**Task directions**:
The lines below starting at the line containing "Interpolation::Catrom | Interpolation::Spline" and ending at the line containing "picture.entry.bytes.now picture.entry.width picture.entry.height" are to be repeated exactly, with both ends kept and nothing else added.

**Extracted material**:
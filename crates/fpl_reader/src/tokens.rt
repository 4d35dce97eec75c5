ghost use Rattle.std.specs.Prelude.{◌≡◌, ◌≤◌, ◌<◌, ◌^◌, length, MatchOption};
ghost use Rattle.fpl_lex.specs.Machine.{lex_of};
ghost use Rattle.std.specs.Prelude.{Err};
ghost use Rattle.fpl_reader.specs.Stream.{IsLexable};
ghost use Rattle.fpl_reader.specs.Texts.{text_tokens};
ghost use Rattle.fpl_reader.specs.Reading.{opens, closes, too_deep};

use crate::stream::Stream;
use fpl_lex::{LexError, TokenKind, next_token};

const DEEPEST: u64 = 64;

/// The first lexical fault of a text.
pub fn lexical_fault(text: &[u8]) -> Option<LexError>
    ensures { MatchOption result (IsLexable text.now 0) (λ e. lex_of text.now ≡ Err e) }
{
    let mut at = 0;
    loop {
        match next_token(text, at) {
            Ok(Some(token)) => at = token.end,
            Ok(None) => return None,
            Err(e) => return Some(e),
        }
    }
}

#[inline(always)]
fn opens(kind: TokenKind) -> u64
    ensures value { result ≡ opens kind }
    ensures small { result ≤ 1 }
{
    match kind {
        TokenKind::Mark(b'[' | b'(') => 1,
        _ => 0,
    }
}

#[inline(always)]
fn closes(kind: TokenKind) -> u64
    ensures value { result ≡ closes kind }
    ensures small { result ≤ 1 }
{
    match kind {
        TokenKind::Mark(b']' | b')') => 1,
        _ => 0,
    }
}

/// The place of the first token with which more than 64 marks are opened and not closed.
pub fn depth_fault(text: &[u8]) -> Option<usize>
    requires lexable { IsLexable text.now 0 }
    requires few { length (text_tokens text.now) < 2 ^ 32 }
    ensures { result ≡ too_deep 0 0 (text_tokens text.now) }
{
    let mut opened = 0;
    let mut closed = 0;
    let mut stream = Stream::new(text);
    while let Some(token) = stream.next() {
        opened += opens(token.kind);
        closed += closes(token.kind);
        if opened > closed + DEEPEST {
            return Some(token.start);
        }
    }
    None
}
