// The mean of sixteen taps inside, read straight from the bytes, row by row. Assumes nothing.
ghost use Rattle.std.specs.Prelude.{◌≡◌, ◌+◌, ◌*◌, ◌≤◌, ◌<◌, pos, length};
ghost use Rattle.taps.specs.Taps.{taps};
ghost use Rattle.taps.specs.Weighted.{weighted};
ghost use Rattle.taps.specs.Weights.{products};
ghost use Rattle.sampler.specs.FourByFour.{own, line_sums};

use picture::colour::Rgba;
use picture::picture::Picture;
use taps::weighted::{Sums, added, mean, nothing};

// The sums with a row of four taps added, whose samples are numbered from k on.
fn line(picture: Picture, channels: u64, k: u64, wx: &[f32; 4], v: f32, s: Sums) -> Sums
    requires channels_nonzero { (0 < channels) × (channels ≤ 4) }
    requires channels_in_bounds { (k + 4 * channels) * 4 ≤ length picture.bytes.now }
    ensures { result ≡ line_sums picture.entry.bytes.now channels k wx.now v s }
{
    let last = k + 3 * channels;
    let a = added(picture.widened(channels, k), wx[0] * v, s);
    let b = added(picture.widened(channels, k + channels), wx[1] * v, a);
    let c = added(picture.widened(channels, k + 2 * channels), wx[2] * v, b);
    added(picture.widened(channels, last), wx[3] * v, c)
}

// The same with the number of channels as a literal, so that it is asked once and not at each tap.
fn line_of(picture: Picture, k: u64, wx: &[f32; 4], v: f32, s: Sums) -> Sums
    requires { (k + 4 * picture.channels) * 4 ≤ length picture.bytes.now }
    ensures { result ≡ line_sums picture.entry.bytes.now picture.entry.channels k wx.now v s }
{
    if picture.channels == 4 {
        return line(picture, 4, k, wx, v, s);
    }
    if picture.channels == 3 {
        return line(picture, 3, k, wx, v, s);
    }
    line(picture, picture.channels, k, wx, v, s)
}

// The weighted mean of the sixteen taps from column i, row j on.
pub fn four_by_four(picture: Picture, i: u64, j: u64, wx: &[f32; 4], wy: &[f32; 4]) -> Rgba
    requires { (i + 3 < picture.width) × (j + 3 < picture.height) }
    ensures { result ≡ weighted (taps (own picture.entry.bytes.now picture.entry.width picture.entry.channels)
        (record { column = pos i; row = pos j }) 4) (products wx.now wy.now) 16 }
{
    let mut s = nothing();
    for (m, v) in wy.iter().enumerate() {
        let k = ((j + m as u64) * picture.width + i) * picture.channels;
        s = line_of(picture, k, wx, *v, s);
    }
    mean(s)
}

--

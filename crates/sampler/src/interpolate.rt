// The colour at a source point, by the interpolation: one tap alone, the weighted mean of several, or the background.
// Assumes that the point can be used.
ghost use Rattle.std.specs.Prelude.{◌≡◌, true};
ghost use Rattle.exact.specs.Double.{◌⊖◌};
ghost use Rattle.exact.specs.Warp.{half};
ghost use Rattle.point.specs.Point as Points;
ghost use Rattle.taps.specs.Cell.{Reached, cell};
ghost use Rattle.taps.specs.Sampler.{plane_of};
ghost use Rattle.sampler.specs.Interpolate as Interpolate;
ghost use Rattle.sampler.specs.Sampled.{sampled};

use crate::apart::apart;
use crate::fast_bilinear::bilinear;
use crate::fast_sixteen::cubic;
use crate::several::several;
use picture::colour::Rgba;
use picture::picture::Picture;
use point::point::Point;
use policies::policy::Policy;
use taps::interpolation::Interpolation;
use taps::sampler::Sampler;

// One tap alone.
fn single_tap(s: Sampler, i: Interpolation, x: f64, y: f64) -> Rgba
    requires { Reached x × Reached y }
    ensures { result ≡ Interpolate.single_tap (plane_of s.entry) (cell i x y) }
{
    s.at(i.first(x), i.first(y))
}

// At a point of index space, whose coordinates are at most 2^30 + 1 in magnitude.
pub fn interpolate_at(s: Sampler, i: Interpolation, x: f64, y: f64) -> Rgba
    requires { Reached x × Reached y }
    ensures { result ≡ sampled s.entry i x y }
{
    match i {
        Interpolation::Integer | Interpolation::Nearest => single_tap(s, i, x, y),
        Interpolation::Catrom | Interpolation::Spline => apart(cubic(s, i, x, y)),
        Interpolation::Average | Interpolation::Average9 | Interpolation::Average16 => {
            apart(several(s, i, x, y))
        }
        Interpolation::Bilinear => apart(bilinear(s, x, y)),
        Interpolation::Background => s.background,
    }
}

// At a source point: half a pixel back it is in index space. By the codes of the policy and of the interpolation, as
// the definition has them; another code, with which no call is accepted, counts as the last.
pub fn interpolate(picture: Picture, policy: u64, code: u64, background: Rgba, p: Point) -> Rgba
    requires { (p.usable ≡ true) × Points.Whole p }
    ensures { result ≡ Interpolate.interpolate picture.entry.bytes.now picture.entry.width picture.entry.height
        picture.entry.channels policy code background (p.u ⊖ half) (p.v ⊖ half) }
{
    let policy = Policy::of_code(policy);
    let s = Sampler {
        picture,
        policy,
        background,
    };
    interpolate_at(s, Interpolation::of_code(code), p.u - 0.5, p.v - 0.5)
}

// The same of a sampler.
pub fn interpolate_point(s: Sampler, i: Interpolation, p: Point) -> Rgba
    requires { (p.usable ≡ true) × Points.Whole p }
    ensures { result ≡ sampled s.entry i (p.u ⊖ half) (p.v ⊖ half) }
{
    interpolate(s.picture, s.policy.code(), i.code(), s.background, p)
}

**Exercise answer**:
        Interpolation::Catrom | Interpolation::Spline => apart(cubic(s, i, x, y)),
        Interpolation::Average | Interpolation::Average9 | Interpolation::Average16 => {
            apart(several(s, i, x, y))
        }
        Interpolation::Bilinear => apart(bilinear(s, x, y)),
        Interpolation::Background => s.background,
    }
}

// At a source point: half a pixel back it is in index space. By the codes of the policy and of the interpolation, as
// the definition has them; another code, with which no call is accepted, counts as the last.
pub fn interpolate(picture: Picture, policy: u64, code: u64, background: Rgba, p: Point) -> Rgba
    requires { (p.usable ≡ true) × Points.Whole p }
    ensures { result ≡ Interpolate.interpolate picture.entry.bytes.now picture.entry.width picture.entry.height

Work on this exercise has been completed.